Jose E.C. Serralles1, Athanasios Polimeridis2, Manushka V. Vaidya3,4, Gillian Haemer3,4, Jacob K. White1, Daniel K. Sodickson3,4, Luca Daniel1, and Riccardo Lattanzi3,4
1Research Laboratory of Electronics, Massachusetts Institute of Technology, Cambridge, MA, United States, 2Center for Computational and Data-Intensive Science and Engineering, Skolkovo Institute of Science and Technology, Moscow, Russian Federation, 3Center for Advanced Imaging Innovation and Research (CAI2R) and Center for Biomedical Imaging, Department of Radiology, New York University School of Medicine, New York, NY, United States, 4The Sackler Institute of Graduate Biomedical Science, New York University School of Medicine, New York, NY, United States
Synopsis
We
introduce Global Maxwell Tomography (GMT), a novel volume integral
equation-based technique for the extraction of electric properties
from MR data. GMT is framed as an unconstrained optimization problem
in which the error between measured and simulated B1+
magnitude maps is minimized. Due to its global nature, GMT is not
subjected to edge artifacts. By using exclusively B1+
magnitude, GMT does not rely on symmetry assumptions to estimate B1+
phase. In one numerical example, three tumors were inserted into a
head model, and starting from a tumorless initial guess, GMT
accurately inferred the electrical properties and locations of these
tumors.Introduction
Electrical property
estimation has long been pursued as a possible contrast mechanism for
biological tissue.[2][3][4] However, despite attempts over
several decades, there is yet no practical technique to carry out
this procedure non-invasively. Recently, magnetic resonance has been
explored as a way of obtaining internal measurements that can
dramatically improve the conditioning of the estimation
procedure.[4][5][6] However, techniques that have been
proposed to date rely on some form of symmetry assumptions, which
significantly constrain the application of such methods and which
result in numerical edge artifacts and low effective resolution due
to reliance on local derivatives.[4][5][6]
We present a new
approach, dubbed Global Maxwell Tomography or GMT, that relies solely
on B1+ magnitude maps for electrical properties estimation
from MR data. Our technique is formulated as an inverse problem:
Given a guess at the material properties of the scanned object, a
full electromagnetic simulation is used to obtain a simulated B1+
map that is compared to a measured B1+ map, and relative
permittivity and conductivity are then adjusted accordingly to reduce
the discrepancy between simulation and measurement.

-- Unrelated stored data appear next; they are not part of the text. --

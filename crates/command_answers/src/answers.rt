//! What a command answers to the bytes of its files.

ghost use Rattle.command_words.specs.Words.{requested_by};
ghost use Rattle.command_courses.specs.Inputs.{bytes_of};
ghost use Rattle.command_courses.specs.Stopping.{Goes, GoesDone};
ghost use Rattle.command_answers.specs.Courses.{course_of, sample_course};

use command_courses::{Answer, Inputs, Stop, done};
use command_words::{Request, SampleSize};
use flow_commands::{flows_text, positions_text, settlement_text};
use lifecycle_commands::{advance_text, novate_text};
use sample::summary;
use std::alloc::Global;
use text_commands::{check_text, expand_text, migrated_text, payoff_text};
use valuation_commands::{scenarios_text, value_text};

// The summary of the sample of so many contracts.
fn sample_text(alloc: Global, size: SampleSize) -> Result<Vec<u8>, Stop>
    ensures { GoesDone (sample_course size.contracts) result }
{
    let text = summary(alloc, size.contracts)?;
    Ok(text)
}

/// What a command answers to its files: what it tells at the end of its course, or the fault of the
/// first stage that stops it, or out of memory.
pub fn answer_request(
    alloc: Global,
    request: &Request<'_>,
    inputs: Inputs<'_>,
) -> Result<Answer, Stop>
    ensures { Goes (course_of (requested_by request.now) (bytes_of inputs.entry.files.now)) result }
{
    match request {
        Request::Check { .. } => check_text(alloc, inputs),
        Request::Flows(asked) => done(flows_text(alloc, asked, inputs)),
        Request::Advance(asked) => done(advance_text(alloc, asked, inputs)),
        Request::Payoff(asked) => done(payoff_text(alloc, asked, inputs)),
        Request::Value(asked) => done(value_text(alloc, asked, inputs)),
        Request::Migrate { .. } => done(migrated_text(alloc, inputs)),
        Request::Expand { .. } => done(expand_text(alloc, inputs)),
        Request::Sample(size) => done(sample_text(alloc, *size)),
        Request::Positions(asked) => done(positions_text(alloc, asked, inputs)),
        Request::Settle(asked) => done(settlement_text(alloc, asked, inputs)),
        Request::Novate(asked) => done(novate_text(alloc, asked, inputs)),
        Request::Scenarios(asked) => done(scenarios_text(alloc, asked, inputs)),
    }
}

The optimization
procedure is repeated until the error in |B1+| is
sufficiently small.
Theory
Behind
this formulation is a fast volume integral equation solver, MARIE,
which was specifically designed for highly inhomogeneous, lossy
dielectric media, and which enables rapid full-domain electromagnetic
simulation.[7][8]
The integral equation formulation obtains an equivalent current
distribution that matches the incident field data via an iterative
solving procedure for the resulting second-kind integral equation
system.[7][8]
Similarly, the gradient of the cost function that is minimized is
derived analytically in terms of the elementary integro-differential
operators that constitute the integral equation formulation, enabling
rapid optimization.[7]
In
order to solve the systems of equations of the formulation
efficiently, a biconjugate gradient stabilized method is used. The
optimization algorithm that is used is a quasi-Newton–type
algorithm for large-scale unconstrained optimization that is known
commonly as Limited-Memory BFGS or L-BFGS. Solving for the equivalent
currents and for the gradient, which involves solving an adjoint
formulation that uses the same operators, constitute the inner loop
of the algorithm, whereas the quasi-Newton stepping constitutes the
outer loop of our implementation.
The
cost function that is used seeks to minimize the error in estimates
of |B1+|, or more specifically, the error in the square of
the magnitude at each location within the sample. In order to
condense this three-dimensional tensor of error to a scalar value, we
sum the square of each entry in this error tensor. Multiple scans are
handled by weighting and summing the measures of error across all
scans.
Methods
and Results
In
our first example, we attempted to reconstruct electrical properties
for a tissue-mimicking numerical phantom from a homogeneous guess, in
the absence of noise, at a resolution of 10 mm, at an operating
frequency of 297.2 MHz. As shown in Fig. 1, the properties of all of
the structures in the phantom were reconstructed correctly solely
from |B1+| data, although the edges are blurred, as is the
case with local methods.
In
our second example, we attempted to detect and characterize tumors
that have been artificially inserted into the open-source Duke head
model, at a resolution of 3 mm, a frequency of 297.2 MHz, and an SNR
of 80 in the magnitude maps. The relative permittivity and the
conductivity of the tumors were set to values in the ranges (50, 60)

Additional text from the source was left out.